▸ What to do
Return each line in the records below that includes "served".

Data records: Begin

// Problems: whether some run violates a question, as clauses.
ghost use Rattle.std.specs.Prelude.{◌≡◌, ◌<◌, ◌++◌, ℕ, ℤ, pos, Bool, IfOk, length, unsigned_abs};
ghost use Rattle.claims.specs.Columns.{run_of};
ghost use Rattle.clause_form.specs.Answers.{Gives};
ghost use Rattle.clause_form.specs.Building.{clauses_of};
ghost use Rattle.clause_form.specs.Models.{IsModel};
ghost use Rattle.clause_form.specs.WellFormed.{IsWellFormed};
ghost use Rattle.ctrl_meaning.specs.Flows.{shape_for};
ghost use Rattle.ctrl_types.specs.Limits.{IsController};
ghost use Rattle.question_text.specs.Claims.{CanUnroll};
ghost use Rattle.run_rows.specs.Columns.{entries_of, rows_of, value_at};
ghost use Rattle.run_rows.specs.declared.rows.Run.{Run};
ghost use Rattle.unroll.specs.ClaimFormulas.{Adds, trees};
ghost use Rattle.unroll.specs.Problems.{IsViolation, problem_formulas, row_problem};

use crate::flow_rows::flow_row;
use crate::formulas::with_all;
use crate::path_rows::path_row;
use crate::question_rows::question_formulas;
use clause_form::{BuildFault, Clauses, Formula, to_clauses};
use ctrl_types::Controller;
use question_text::Question;
use run_rows::Shape;
use std::alloc::Global;
use whole::NoMemory;

/// Whether some run violates a question, as clauses: their columns are those of the shape.
#[derive(Debug, Drop)]
pub struct Problem {
    pub shape: Shape,
    pub clauses: Clauses,
}

/// The clauses that have a model exactly where some run of the controller violates the question, whatever the run's
/// denominator and the size of its numbers.
///
/// The formulas are made row by row, first those of the path and then those of the flows; after all rows come the
/// assumptions and the negated requirement. Large comes where the next form of several columns, the next atom or the next
/// clause would be too many.
pub fn unroll(
    alloc: Global,
    controller: &Controller,
    question: &Question,
) -> Result<Problem, BuildFault>
    requires controller_in { IsController controller.now }
    requires question_in { CanUnroll (length controller.now.states) question.now }
    ensures exact { Gives (λ (p : Problem). p.clauses) result (clauses_of (length (entries_of (shape_for controller.now question.now.setting))) (problem_formulas controller.now question.now)) }
    ensures shape { IfOk result (λ p. p.shape ≡ shape_for controller.now question.now.setting) }

    // The run of a model's values is one of the controller that violates the question.
    ensures models { IfOk result (λ p. (value : ℕ → ℤ) (over : ℕ) (truth : ℕ → Bool) → 0 < over → IsModel p.clauses value over truth → IsViolation controller.now question.now (run_of p.shape value (pos over))) }

    // The values of each run of the controller that violates the question have truths of the atoms with which they are a model.
    ensures runs { IfOk result (λ p. (run : Run) → IsViolation controller.now question.now run → (truth : ℕ → Bool) × IsModel p.clauses (value_at p.shape run) (unsigned_abs run.over) truth) }

    ensures formed { IfOk result (λ p. IsWellFormed p.clauses) }
{
    let setting = &question.setting;
    let shape = setting.shape(controller.states.len() as u32, controller.delay_max);
    let formulas = formulas(alloc, controller, question, &shape)?;
    let clauses = to_clauses(alloc, shape.columns(), &formulas)?;
    Ok(Problem { shape, clauses })
}

/// The formulas of the rows, in order, and then those of the question.
fn formulas(
    alloc: Global,
    controller: &Controller,
    question: &Question,
    shape: &Shape,
) -> Result<Vec<Formula>, NoMemory>
    requires controller_in { IsController controller.now }
    requires question_in { CanUnroll (length controller.now.states) question.now }
    requires shape_is { shape.now ≡ shape_for controller.now question.now.setting }
    ensures { IfOk result (λ fs. trees fs.items ≡ problem_formulas controller.now question.now) }
{
    let mut formulas = Vec::new(alloc);
    for row in 0..shape.h + shape.t + 1 {
        formulas = with_row(alloc, formulas, controller, question, shape, row)?;
    }
    let asked = question_formulas(alloc, question, shape)?;
    with_all(formulas, asked)
}

/// The formulas of a row: those of the path and then those of the flows.
#[tactic(auto, unfolding(crate::specs::Problems::row_problem))]
fn with_row(
    alloc: Global,
    formulas: Vec<Formula>,
    controller: &Controller,
    question: &Question,
    shape: &Shape,
    row: u32,
) -> Result<Vec<Formula>, NoMemory>
    requires controller_in { IsController controller.now }
    requires question_in { CanUnroll (length controller.now.states) question.now }
    requires shape_is { shape.now ≡ shape_for controller.now question.now.setting }
    requires row_in { row < rows_of shape.now }
    ensures { IfOk result (λ fs. Adds (shape_for controller.now question.now.setting) formulas.items (row_problem controller.now question.now row) fs.items) }
{
    let path = path_row(alloc, &question.setting, shape, row)?;
    let flows = flow_row(alloc, controller, question, row, false)?;
    with_all(with_all(formulas, path)?, flows)
}
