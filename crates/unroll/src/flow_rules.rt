// The rules that compare the entries of one flow, or the waste, with each other: no rate and no buffer is in them.
ghost use Rattle.std.specs.Prelude.{◌≡◌, ◌<◌, ◌≤◌, ◌-◌, [], ◌∷◌, pos, negsuc, IfOk};
ghost use Rattle.claims.specs.Subjects.{entry, of_arrivals, of_credit, of_losses, of_service, of_waste, part};
ghost use Rattle.clause_form.specs.Formulas.{formula_of};
ghost use Rattle.path_server.specs.Claims.{acceptance_claims, growth_claims, is_zero, no_fall, not_negative, service_claims, start_claims};
ghost use Rattle.run_rows.specs.Columns.{HasEntry, rows_of};
ghost use Rattle.run_rows.specs.Limits.{IsWithin};
ghost use Rattle.unroll.specs.ClaimFormulas.{Adds, claim_formula};

use crate::formulas::with;
use crate::sums::Sum;
use clause_form::Formula;
use linear_form::Rel;
use run_rows::{Entry, Shape};
use std::alloc::Global;
use whole::NoMemory;

/// `P0`.
#[tactic(auto, unfolding(path_server::specs::Claims::start_claims))]
pub(crate) fn start(
    alloc: Global,
    formulas: Vec<Formula>,
    shape: &Shape,
    row: u32,
    flow: u32,
) -> Result<Vec<Formula>, NoMemory>
    requires within { IsWithin shape.now }
    requires flow_in { flow ≤ shape.now.flows }
    ensures { IfOk result (λ fs. Adds shape.now formulas.items (start_claims part row flow) fs.items) }
{
    if row > 0 {
        return Ok(formulas);
    }
    if flow == 0 {
        return path_starts_empty(alloc, formulas, shape);
    }
    flow_starts_empty(alloc, formulas, shape, flow)
}

fn path_starts_empty(
    alloc: Global,
    formulas: Vec<Formula>,
    shape: &Shape,
) -> Result<Vec<Formula>, NoMemory>
    requires within { IsWithin shape.now }
    ensures { IfOk result (λ fs. Adds shape.now formulas.items (is_zero part (of_waste 0) ∷ not_negative part of_credit ∷ []) fs.items) }
{
    let wasted = is_zero(alloc, shape, Entry::W { row: 0 })?;
    let credit = not_negative(alloc, shape, Entry::Credit)?;
    with(with(formulas, wasted)?, credit)
}

fn flow_starts_empty(
    alloc: Global,
    formulas: Vec<Formula>,
    shape: &Shape,
    flow: u32,
) -> Result<Vec<Formula>, NoMemory>
    requires within { IsWithin shape.now }
    requires flow_from { 1 ≤ flow }
    requires flow_to { flow ≤ shape.now.flows }
    ensures { IfOk result (λ fs. Adds shape.now formulas.items (is_zero part (of_service 0 flow) ∷ is_zero part (of_losses 0 flow) ∷ not_negative part (of_arrivals 0 flow) ∷ []) fs.items) }
{
    let served = is_zero(alloc, shape, Entry::S { row: 0, flow })?;
    let lost = is_zero(alloc, shape, Entry::L { row: 0, flow })?;
    let arrived = not_negative(alloc, shape, Entry::A { row: 0, flow })?;
    with(with(with(formulas, served)?, lost)?, arrived)
}

/// `P1`.
#[tactic(auto, unfolding(path_server::specs::Claims::growth_claims))]
pub(crate) fn growth(
    alloc: Global,
    formulas: Vec<Formula>,
    shape: &Shape,
    row: u32,
    flow: u32,
) -> Result<Vec<Formula>, NoMemory>
    requires within { IsWithin shape.now }
    requires row_in { row < rows_of shape.now }
    requires flow_in { flow ≤ shape.now.flows }
    ensures { IfOk result (λ fs. Adds shape.now formulas.items (growth_claims part row flow) fs.items) }
{
    if row == 0 {
        return Ok(formulas);
    }
    if flow == 0 {
        let waste = no_fall(alloc, shape, Entry::W { row: row - 1 }, Entry::W { row })?;
        return with(formulas, waste);
    }
    flow_grows(alloc, formulas, shape, row - 1, row, flow)
}

fn flow_grows(
    alloc: Global,
    formulas: Vec<Formula>,
    shape: &Shape,
    before: u32,
    row: u32,
    flow: u32,
) -> Result<Vec<Formula>, NoMemory>
    requires within { IsWithin shape.now }
    requires before_in { before < rows_of shape.now }
    requires row_in { row < rows_of shape.now }
    requires flow_from { 1 ≤ flow }
    requires flow_to { flow ≤ shape.now.flows }
    ensures { IfOk result (λ fs. Adds shape.now formulas.items (no_fall part (of_arrivals before flow) (of_arrivals row flow) ∷ no_fall part (of_service before flow) (of_service row flow) ∷ no_fall part (of_losses before flow) (of_losses row flow) ∷ []) fs.items) }
{
    let arrived = no_fall(
        alloc,
        shape,
        Entry::A { row: before, flow },
        Entry::A { row, flow },
    )?;
    let served = no_fall(
        alloc,
        shape,
        Entry::S { row: before, flow },
        Entry::S { row, flow },
    )?;
    let lost = no_fall(
        alloc,
        shape,
        Entry::L { row: before, flow },
        Entry::L { row, flow },
    )?;
    with(with(with(formulas, arrived)?, served)?, lost)
}

/// `P2`.
#[tactic(auto, using(whole::proofs::Overflow::signed), unfolding(path_server::specs::Claims::service_claims))]
pub(crate) fn service(
    alloc: Global,
    formulas: Vec<Formula>,
    shape: &Shape,
    row: u32,
    flow: u32,
) -> Result<Vec<Formula>, NoMemory>
    requires within { IsWithin shape.now }
    requires row_in { row < rows_of shape.now }
    requires flow_in { flow ≤ shape.now.flows }
    ensures { IfOk result (λ fs. Adds shape.now formulas.items (service_claims part row flow) fs.items) }
{
    if flow == 0 {
        return Ok(formulas);
    }
    let waiting = Sum::new(alloc)
        .plus(shape, 1, Entry::A { row, flow })?
        .plus(shape, -1, Entry::L { row, flow })?
        .plus(shape, -1, Entry::S { row, flow })?;
    with(formulas, waiting.compared(Rel::AtLeast))
}

/// `P6`.
#[tactic(auto, using(whole::proofs::Overflow::signed), unfolding(path_server::specs::Claims::acceptance_claims))]
pub(crate) fn acceptance(
    alloc: Global,
    formulas: Vec<Formula>,
    shape: &Shape,
    row: u32,
    flow: u32,
) -> Result<Vec<Formula>, NoMemory>
    requires within { IsWithin shape.now }
    requires row_in { row < rows_of shape.now }
    requires flow_in { flow ≤ shape.now.flows }
    ensures { IfOk result (λ fs. Adds shape.now formulas.items (acceptance_claims part row flow) fs.items) }
{
    if row == 0 || flow == 0 {
        return Ok(formulas);
    }
    let before = row - 1;
    let accepted = Sum::new(alloc)
        .plus(shape, 1, Entry::A { row, flow })?
        .plus(shape, -1, Entry::L { row, flow })?
        .plus(shape, -1, Entry::A { row: before, flow })?
        .plus(shape, 1, Entry::L { row: before, flow })?;
    with(formulas, accepted.compared(Rel::AtLeast))
}

/// That the entry is 0.
#[tactic(auto, using(whole::proofs::Overflow::signed))]
fn is_zero(alloc: Global, shape: &Shape, of: Entry) -> Result<Formula, NoMemory>
    requires within { IsWithin shape.now }
    requires stands { HasEntry shape.now of }
    ensures { IfOk result (λ f. formula_of f ≡ claim_formula shape.now (is_zero part (entry of))) }
{
    Sum::new(alloc).plus(shape, 1, of)?.equal(alloc)
}

/// That the entry is at least 0.
#[tactic(auto, using(whole::proofs::Overflow::signed))]
fn not_negative(alloc: Global, shape: &Shape, of: Entry) -> Result<Formula, NoMemory>
    requires within { IsWithin shape.now }
    requires stands { HasEntry shape.now of }
    ensures { IfOk result (λ f. formula_of f ≡ claim_formula shape.now (not_negative part (entry of))) }
{
    Ok(Sum::new(alloc).plus(shape, 1, of)?.compared(Rel::AtLeast))
}

/// That the entry doesn't fall from the old to the new.
#[tactic(auto, using(whole::proofs::Overflow::signed))]
fn no_fall(alloc: Global, shape: &Shape, old: Entry, new: Entry) -> Result<Formula, NoMemory>
    requires within { IsWithin shape.now }
    requires old_stands { HasEntry shape.now old }
    requires new_stands { HasEntry shape.now new }
    ensures { IfOk result (λ f. formula_of f ≡ claim_formula shape.now (no_fall part (entry old) (entry new))) }
{
    let growth = Sum::new(alloc).plus(shape, 1, new)?.plus(shape, -1, old)?;
    Ok(growth.compared(Rel::AtLeast))
}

Data records: End

▸ Answer space
    let served = is_zero(alloc, shape, Entry::S { row: 0, flow })?;
    with(with(with(formulas, served)?, lost)?, arrived)
    let served = no_fall(
    with(with(with(formulas, arrived)?, served)?, lost)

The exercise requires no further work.